Die heutige Republik Ecuador entstand 1830 aus dem Zerfall des Großkolumbianischen Verbandes von Simón Bolivar. Anders als in den Nachbarstaaten gab es in Ecuador niemals eine revolutionäre Umwälzung. In der Wirtschaftsgeschichte Ecuadors werden vier Phasen unterschieden: Die erste erstreckte sich von der zweiten Hälfte des 19. Jahrhunderts bis zum Ersten Weltkrieg und war vor allem durch den Kakaoexport bestimmt. Nach dem Niedergang der Kakaoproduktion ab etwa 1916 kam es zu einer Wirtschaftskrise, die bis in die 40er Jahre andauerte. Anfang der 50er Jahre setzte der Bananenboom als dritte Phase ein. Als 1972 erstmals Erdöl exportiert werden konnte, begann die vorerst letzte Phase.

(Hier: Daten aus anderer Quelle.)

// The line about an input without records.
fn blank_line(alloc: Global, file: &Option<String>, skip: usize) -> Result<String, AllocError>
    ensures { IfOk result (λ text. string_bytes text
        ≡ blank_line (option_map string_bytes file.now) skip) }
{
    let mut text = about(alloc, true, file)?;
    if skip == 0 {
        text.push_str("no records\n")?;
        return Ok(text);
    }
    let skipped = format!(in alloc; "no records below --skip {skip}\n")?;
    text.push_str(skipped.as_str())?;
    Ok(text)
}

// The line about records that have more fields than the header.
fn longer_line(
    alloc: Global,
    file: &Option<String>,
    longer: LongRecords,
) -> Result<String, AllocError>
    ensures { IfOk result (λ text. string_bytes text
        ≡ longer_line (option_map string_bytes file.now) longer) }
{
    let LongRecords {
        line,
        fields,
        first_fields,
        others,
        lasts: _,
    } = longer;
    let mut text = about(alloc, true, file)?;
    let counts = format!(in alloc;
        "line {line} has {fields} fields, the header has {first_fields}"
    )?;
    text.push_str(counts.as_str())?;
    push_others(alloc, &mut text, others)?;
    push_preamble_hint(alloc, &mut text, longer)?;
    text.push('\n')?;
    Ok(text)
}

// Appends a hint on `--skip` if other lines are above the table.
fn push_preamble_hint(
    alloc: Global,
    text: &mut String,
    longer: LongRecords,
) -> Result<(), AllocError>
    ensures { OnOk result (string_bytes text.new
        ≡ string_bytes text.old ++ preamble_hint longer) }
{
    if !is_below_preamble(longer) {
        return Ok(());
    }
    let hint = skip_hint(alloc, longer.line)?;
    text.push_str(hint.as_str())
}

// A hint to leave out the lines above `line`.
fn skip_hint(alloc: Global, line: u64) -> Result<String, AllocError>
    ensures { IfOk result (λ text. string_bytes text ≡ skip_hint line) }
{
    format!(in alloc; "; try --skip {}", line.saturating_sub(1))
}

// Returns true if the long records, those with more fields than the header, seem to be below lines
// that aren't part of the table. There are then at least two long records, and all records after
// the first of them are long too. One more field than the header isn't enough, unless the header
// has a single field: a text may have a comma in each line.
fn is_below_preamble(longer: LongRecords) -> bool
    ensures { result ≡ is_below_preamble longer }
{
    let more = longer.fields.saturating_sub(longer.first_fields);
    longer.lasts && longer.others > 0 && (longer.first_fields == 1 || more > 1)
}
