// The entry for C that writes a page or a schedule message as blocks.
#![tactic(auto)]

ghost use Rattle.std.specs.Prelude.{◌≡◌};
ghost use Rattle.block.specs.Coded.{kind_of};
ghost use Rattle.block_calls.specs.Paper.{kind_if, blocks_call};

use block::Kind;

// The kind that a caller tells.
// Stays a function: as an `if` in the call below it costs 8 instructions more, since the call is doubled.
fn kind_of(schedule: bool) -> Kind
    ensures { kind_of result ≡ kind_if schedule }
{
    if schedule {
        return Kind::Schedule;
    }
    Kind::Page
}

// Writes a page or, where schedule is set, a schedule message as four blocks: the number.
pub fn cb_write_blocks(message: &[u8], schedule: bool, used: usize, out: &mut [u8]) -> u32
    ensures { record { returned = result; memory = out.new } ≡ blocks_call message.now schedule used out.old }
{
    let kind = kind_of(schedule);
    let answer = block_writer::write_blocks(message, kind, used, out);
    match answer {
        Ok(()) => 0,
        Err(refusal) => u32::from(u8::from(refusal)),
    }
}
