// The order of types, and equality of types.

ghost use Rattle.std.specs.Prelude.{◌≡◌, ◌↔◌, IsTrue};
ghost use Rattle.mz_core.specs.Types.{plain_type, is_set, is_text, is_allowed};
ghost use Rattle.mz_core.specs.Coercions.{Below};
ghost use Rattle.mz_core.specs.Order.{same_base, same_index, same_dims, same_type, raises, base_below, index_below, dims_below, is_list, is_par_scalar, set_of, below_some, becomes_array, marks_below, shape_below, below};

use crate::types::{Base, Ix, TypeInst};

fn is_set(b: Base) -> bool
    ensures { result ≡ is_set b }
{
    matches!(b, Base::SetInt | Base::SetEnum(_) | Base::SetBottom)
}

fn is_text(b: Base) -> bool
    ensures { result ≡ is_text b }
{
    matches!(b, Base::Text)
}

#[tactic(auto, unfolding(crate::specs::Types::plain_type))]
pub(crate) fn is_allowed(t: &TypeInst) -> bool
    ensures { result ≡ is_allowed (plain_type t.now) }
{
    !(t.opt && (is_set(t.base) || is_text(t.base))) && !(t.var && is_text(t.base))
}

pub(crate) fn same_base(a: Base, b: Base) -> bool
    ensures { result ≡ same_base a b }
{
    a == b
}

pub(crate) fn same_index(a: Ix, b: Ix) -> bool
    ensures { result ≡ same_index a b }
{
    a == b
}

#[tactic(auto, unfolding(crate::specs::Order::same_dims))]
fn same_dims(xs: &[Ix], ys: &[Ix]) -> bool
    ensures { result ≡ same_dims xs.now ys.now }
{
    match xs {
        [] => ys.is_empty(),
        [x, xs @ ..] => match ys {
            [] => false,
            [y, ys @ ..] => same_index(*x, *y) && same_dims(xs, ys),
        },
    }
}

fn raises(a: Base, b: Base) -> bool
    ensures { result ≡ raises a b }
{
    match (a, b) {
        (Base::Bool | Base::Enum(_), Base::Int) | (Base::SetEnum(_), Base::SetInt) => true,
        (Base::SetBottom, _) => is_set(b),
        (Base::Bottom, _) => true,
        _ => false,
    }
}

pub(crate) fn base_below(a: Base, b: Base) -> bool
    ensures { result ≡ base_below a b }
{
    same_base(a, b) || raises(a, b)
}

fn index_below(x: Ix, y: Ix) -> bool
    ensures { result ≡ index_below x y }
{
    match (x, y) {
        (_, Ix::Int) => true,
        (Ix::Enum(e), Ix::Enum(f)) => e == f,
        (Ix::Int, Ix::Enum(_)) => false,
    }
}

/// Whether steps of coercion lead from the one list of index types to the other. Takes no memory.
#[tactic(auto, unfolding(crate::specs::Order::dims_below))]
pub fn dims_below(xs: &[Ix], ys: &[Ix]) -> bool
    ensures { result ≡ dims_below xs.now ys.now }
{
    match xs {
        [] => ys.is_empty(),
        [x, xs @ ..] => match ys {
            [] => false,
            [y, ys @ ..] => index_below(*x, *y) && dims_below(xs, ys),
        },
    }
}

fn is_list(dims: &[Ix]) -> bool
    ensures { result ≡ is_list dims.now }
{
    matches!(dims, [Ix::Int])
}

#[tactic(auto, unfolding(crate::specs::Types::plain_type))]
pub(crate) fn is_par_scalar(t: &TypeInst) -> bool
    ensures { result ≡ is_par_scalar (plain_type t.now) }
{
    !t.var && !t.opt && t.dims.is_empty()
}

pub(crate) fn set_of(b: Base) -> Option<Base>
    ensures { result ≡ set_of b }
{
    match b {
        Base::Int => Some(Base::SetInt),
        Base::Enum(e) => Some(Base::SetEnum(e)),
        _ => None,
    }
}

fn below_some(a: Base, b: Option<Base>) -> bool
    ensures { result ≡ below_some a b }
{
    match b {
        None => false,
        Some(b) => base_below(a, b),
    }
}

#[tactic(auto, unfolding(crate::specs::Types::plain_type))]
pub(crate) fn becomes_array(t: &TypeInst, u: &TypeInst) -> bool
    ensures { result ≡ becomes_array (plain_type t.now) (plain_type u.now) }
{
    is_par_scalar(t) && is_list(&u.dims) && below_some(t.base, set_of(u.base))
}

#[tactic(auto, unfolding(crate::specs::Types::plain_type, crate::specs::Order::same_type))]
fn are_same(t: &TypeInst, u: &TypeInst) -> bool
    ensures { result ≡ same_type (plain_type t.now) (plain_type u.now) }
{
    t.var == u.var && t.opt == u.opt && same_base(t.base, u.base) && same_dims(&t.dims, &u.dims)
}

#[tactic(auto, unfolding(crate::specs::Types::plain_type))]
fn marks_below(t: &TypeInst, u: &TypeInst) -> bool
    ensures { result ≡ marks_below (plain_type t.now) (plain_type u.now) }
{
    (!t.var || u.var) && (!t.opt || u.opt)
}

#[tactic(auto, unfolding(crate::specs::Types::plain_type))]
fn shape_below(t: &TypeInst, u: &TypeInst) -> bool
    ensures { result ≡ shape_below (plain_type t.now) (plain_type u.now) }
{
    (base_below(t.base, u.base) && dims_below(&t.dims, &u.dims)) || becomes_array(t, u)
}

#[tactic(auto, unfolding(crate::specs::Order::below))]
fn is_below(t: &TypeInst, u: &TypeInst) -> bool
    ensures { result ≡ below (plain_type t.now) (plain_type u.now) }
{
    are_same(t, u) || (is_allowed(u) && marks_below(t, u) && shape_below(t, u))
}

/// Whether two types are equal. Takes no memory.
pub fn same_type(t: &TypeInst, u: &TypeInst) -> bool
    ensures same { IsTrue result ↔ (plain_type t.now ≡ plain_type u.now) }
    ensures computed { result ≡ same_type (plain_type t.now) (plain_type u.now) }
{
    are_same(t, u)
}

/// Whether steps of coercion lead from `t` to `u`, or the two are equal. Takes no memory.
pub fn below(t: &TypeInst, u: &TypeInst) -> bool
    ensures order { IsTrue result ↔ Below (plain_type t.now) (plain_type u.now) }
    ensures computed { result ≡ below (plain_type t.now) (plain_type u.now) }
{
    is_below(t, u)
}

Während der Ära des Kakaoexports schienen die sozialpolitischen Auseinandersetzungen auf die Oberschicht beschränkt. Als neue soziale Schichten entstanden und die Binnenwanderung zunahm, verschärften sich infolge der Wirtschaftskrise die Auseinandersetzungen in den 20er Jahren. Damals entstanden die meisten der heute noch bedeutenden linken Parteien. Ihre Bedeutung stieg rasch, sodass sowohl die Konservativen als auch die Liberalen die Zusammenarbeit mit diesen neuen politischen Akteuren suchen mussten.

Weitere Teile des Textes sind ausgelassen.